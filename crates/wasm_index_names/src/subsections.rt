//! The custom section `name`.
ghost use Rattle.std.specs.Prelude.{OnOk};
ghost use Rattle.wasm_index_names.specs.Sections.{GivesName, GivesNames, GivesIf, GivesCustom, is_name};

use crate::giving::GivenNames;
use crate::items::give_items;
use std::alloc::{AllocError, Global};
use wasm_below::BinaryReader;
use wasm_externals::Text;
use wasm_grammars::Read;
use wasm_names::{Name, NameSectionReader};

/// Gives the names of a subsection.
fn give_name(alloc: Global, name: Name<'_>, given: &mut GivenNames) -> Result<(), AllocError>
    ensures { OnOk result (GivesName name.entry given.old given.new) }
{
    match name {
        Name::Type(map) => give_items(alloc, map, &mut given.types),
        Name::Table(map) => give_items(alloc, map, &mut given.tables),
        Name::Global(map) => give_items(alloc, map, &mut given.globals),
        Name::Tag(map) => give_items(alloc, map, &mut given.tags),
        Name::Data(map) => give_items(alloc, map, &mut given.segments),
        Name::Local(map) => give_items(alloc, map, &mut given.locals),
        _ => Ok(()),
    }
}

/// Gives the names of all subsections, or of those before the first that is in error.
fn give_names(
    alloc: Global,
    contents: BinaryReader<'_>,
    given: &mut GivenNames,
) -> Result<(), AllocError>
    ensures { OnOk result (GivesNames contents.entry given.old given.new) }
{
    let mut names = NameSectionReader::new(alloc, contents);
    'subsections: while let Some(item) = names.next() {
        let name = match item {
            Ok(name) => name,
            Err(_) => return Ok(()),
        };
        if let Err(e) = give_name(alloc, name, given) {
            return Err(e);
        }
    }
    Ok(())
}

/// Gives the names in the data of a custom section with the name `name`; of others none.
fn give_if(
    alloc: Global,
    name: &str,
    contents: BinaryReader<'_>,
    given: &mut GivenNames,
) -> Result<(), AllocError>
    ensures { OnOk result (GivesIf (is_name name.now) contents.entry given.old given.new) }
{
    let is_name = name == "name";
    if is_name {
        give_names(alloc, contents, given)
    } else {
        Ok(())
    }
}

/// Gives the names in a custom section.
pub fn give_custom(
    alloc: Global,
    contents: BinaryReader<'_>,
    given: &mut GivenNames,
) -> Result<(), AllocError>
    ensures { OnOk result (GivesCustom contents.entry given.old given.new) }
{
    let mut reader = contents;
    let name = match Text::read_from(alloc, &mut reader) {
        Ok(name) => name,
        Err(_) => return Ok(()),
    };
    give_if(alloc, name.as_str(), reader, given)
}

::::

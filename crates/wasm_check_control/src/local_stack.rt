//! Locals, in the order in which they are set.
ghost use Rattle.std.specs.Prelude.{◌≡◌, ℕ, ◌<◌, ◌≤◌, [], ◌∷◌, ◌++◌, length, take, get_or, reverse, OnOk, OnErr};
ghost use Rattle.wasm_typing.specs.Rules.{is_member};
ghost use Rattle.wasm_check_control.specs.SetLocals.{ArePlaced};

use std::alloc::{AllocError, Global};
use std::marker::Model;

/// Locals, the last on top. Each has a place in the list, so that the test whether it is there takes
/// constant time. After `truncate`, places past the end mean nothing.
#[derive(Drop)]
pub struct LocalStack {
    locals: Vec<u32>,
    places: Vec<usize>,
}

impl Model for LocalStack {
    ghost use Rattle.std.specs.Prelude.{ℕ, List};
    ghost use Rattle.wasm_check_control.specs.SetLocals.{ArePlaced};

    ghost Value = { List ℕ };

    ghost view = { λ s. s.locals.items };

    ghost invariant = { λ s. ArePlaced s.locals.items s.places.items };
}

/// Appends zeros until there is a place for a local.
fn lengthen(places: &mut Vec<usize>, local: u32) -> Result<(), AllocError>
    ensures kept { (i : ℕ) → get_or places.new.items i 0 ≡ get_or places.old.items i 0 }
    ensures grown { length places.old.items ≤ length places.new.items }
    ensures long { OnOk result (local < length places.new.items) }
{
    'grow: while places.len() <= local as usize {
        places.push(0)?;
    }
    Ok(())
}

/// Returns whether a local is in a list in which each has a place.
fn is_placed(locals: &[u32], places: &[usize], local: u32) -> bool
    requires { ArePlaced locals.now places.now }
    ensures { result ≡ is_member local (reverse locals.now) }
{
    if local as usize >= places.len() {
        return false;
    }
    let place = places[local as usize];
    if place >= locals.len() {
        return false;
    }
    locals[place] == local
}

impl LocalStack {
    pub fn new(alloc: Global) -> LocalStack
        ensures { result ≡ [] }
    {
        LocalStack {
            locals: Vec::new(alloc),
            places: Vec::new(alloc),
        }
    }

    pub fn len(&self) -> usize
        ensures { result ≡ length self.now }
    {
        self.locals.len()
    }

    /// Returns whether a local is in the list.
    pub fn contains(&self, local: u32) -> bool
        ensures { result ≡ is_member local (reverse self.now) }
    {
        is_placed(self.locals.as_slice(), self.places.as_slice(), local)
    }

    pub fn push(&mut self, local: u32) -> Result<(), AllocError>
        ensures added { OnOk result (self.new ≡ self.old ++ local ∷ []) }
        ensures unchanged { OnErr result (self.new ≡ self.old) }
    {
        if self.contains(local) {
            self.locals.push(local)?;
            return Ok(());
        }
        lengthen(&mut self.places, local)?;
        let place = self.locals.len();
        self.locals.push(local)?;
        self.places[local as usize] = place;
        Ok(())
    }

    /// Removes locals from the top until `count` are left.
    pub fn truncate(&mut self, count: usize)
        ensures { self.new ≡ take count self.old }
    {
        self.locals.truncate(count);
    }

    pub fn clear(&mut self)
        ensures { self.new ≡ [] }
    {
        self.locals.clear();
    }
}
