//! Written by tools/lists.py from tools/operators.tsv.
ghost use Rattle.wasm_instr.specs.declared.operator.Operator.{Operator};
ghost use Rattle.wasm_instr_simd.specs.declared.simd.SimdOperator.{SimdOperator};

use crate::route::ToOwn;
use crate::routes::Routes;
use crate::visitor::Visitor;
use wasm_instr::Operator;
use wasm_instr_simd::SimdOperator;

::::

What you are asked to do
Among the lines above, please count those that contain the string "ArePlaced" and write the number by itself.

Result for this task
4